# Pictures of my three litters :)



## Mouse Queen 96 (Jul 11, 2011)

Hi,

I posted last week about having three litters all born in one week, well i finally got pictures.  There colors started coming through and i want to keep them all. But i know how hard it would be to feed all these mice as adults and give them all attention. I had 17 mice born except 1 mousey passed away being the runt. So now i'm up to 16.

I have:

* 7 hearshys brown mice pups
* 6 tan/fawn mice pups
* 2 hearshys brown with white spot on butt mice pups
* 1 Pew white mouse pup

I cannot get pictures to up load to here anymore, and i'm not sure why.
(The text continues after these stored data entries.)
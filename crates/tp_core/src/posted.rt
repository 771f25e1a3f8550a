//! A message, as the core stores it.
ghost use Rattle.std.specs.Prelude.{◌≡◌};

use tp_base::NodeId;

/// How far a message has come.
#[derive(Clone, Copy, Debug, PartialEq, Eq)]
pub enum Stage {
    /// It was sent, and is in flight.
    UnderWay,
    /// It was received, and its action is open.
    Received,
    /// Its action is closed.
    Ended,
}

/// A message that was sent, as the core stores it under its number.
#[derive(Clone, Copy, Debug, PartialEq, Eq)]
pub struct Posted {
    pub to: NodeId,
    pub stage: Stage,
}

impl Posted {
    /// Returns a message to this node at this stage.
    pub fn new(to: NodeId, stage: Stage) -> Self
        ensures { result ≡ record { to = to; stage = stage } }
    {
        Posted { to, stage }
    }
}
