//! A set of nodes.
ghost use Rattle.std.specs.Prelude.{◌≡◌, ◌==◌, ◌<◌, ℕ, true, false, nat_lt, if◌then◌else◌, length};

use tp_base::NodeId;

/// A set of nodes with numbers from 0 to 7.
#[derive(Clone, Copy, Debug, PartialEq, Eq)]
pub struct NodeSet {
    at: [bool; 8],
    ghost size: { length at ≡ 8 },
}

#[tactic(auto, unfolding(crate::specs::NodeSet::has))]
impl NodeSet {
    ghost use Rattle.tp_core.specs.NodeSet.{has};

    /// Returns the empty set.
    #[tactic(auto, using(crate::proofs::Lemmas::eight_same), unfolding(crate::specs::NodeSet::has))]
    pub fn new() -> Self
        ensures { (i : ℕ) → has result i ≡ false }
    {
        NodeSet { at: [false; 8] }
    }

    /// Returns whether the node is in the set.
    pub fn has(&self, node: NodeId) -> bool
        requires { node.0 < 8 }
        ensures { result ≡ has self.now node.0 }
    {
        self.at[node.0 as usize]
    }

    /// Returns whether a node of any number is in the set.
    pub fn contains(&self, node: NodeId) -> bool
        ensures { result ≡ has self.now node.0 }
    {
        match self.at.get(node.0 as usize) {
            Some(is_in) => *is_in,
            None => false,
        }
    }

    /// Returns the set with the node added.
    #[tactic(auto, using(crate::proofs::Lemmas::written), unfolding(crate::specs::NodeSet::has))]
    pub fn with(mut self, node: NodeId) -> Self
        requires { node.0 < 8 }
        ensures { (i : ℕ) → has result i ≡ (if node.0 == i then true else has self i) }
    {
        self.at[node.0 as usize] = true;
        self
    }

    /// Returns the set without the node.
    #[tactic(auto, using(crate::proofs::Lemmas::written), unfolding(crate::specs::NodeSet::has))]
    pub fn without(mut self, node: NodeId) -> Self
        requires { node.0 < 8 }
        ensures { (i : ℕ) → has result i ≡ (if node.0 == i then false else has self i) }
    {
        self.at[node.0 as usize] = false;
        self
    }
}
I'd love to show all you guys though so i put my mice on my rabbit website. http://michelleslostzoo.yolasite.com/ The pups i'm talking about are on "Mouse Nursery" and mice that are ready to go now are on "Available Mice" page.

Tell me what you think, 
Michelle


----------



## Laigaie (Mar 7, 2011)

If you're having trouble uploading pictures, since you've got them on your website already, it should be really easy. You use the img and /img tags (inside brackets), and put the link to the photo (just the photo) between them. If you use Picasa or Photobucket or any other image hosting site, that works, too.


----------



## Mouse Queen 96 (Jul 11, 2011)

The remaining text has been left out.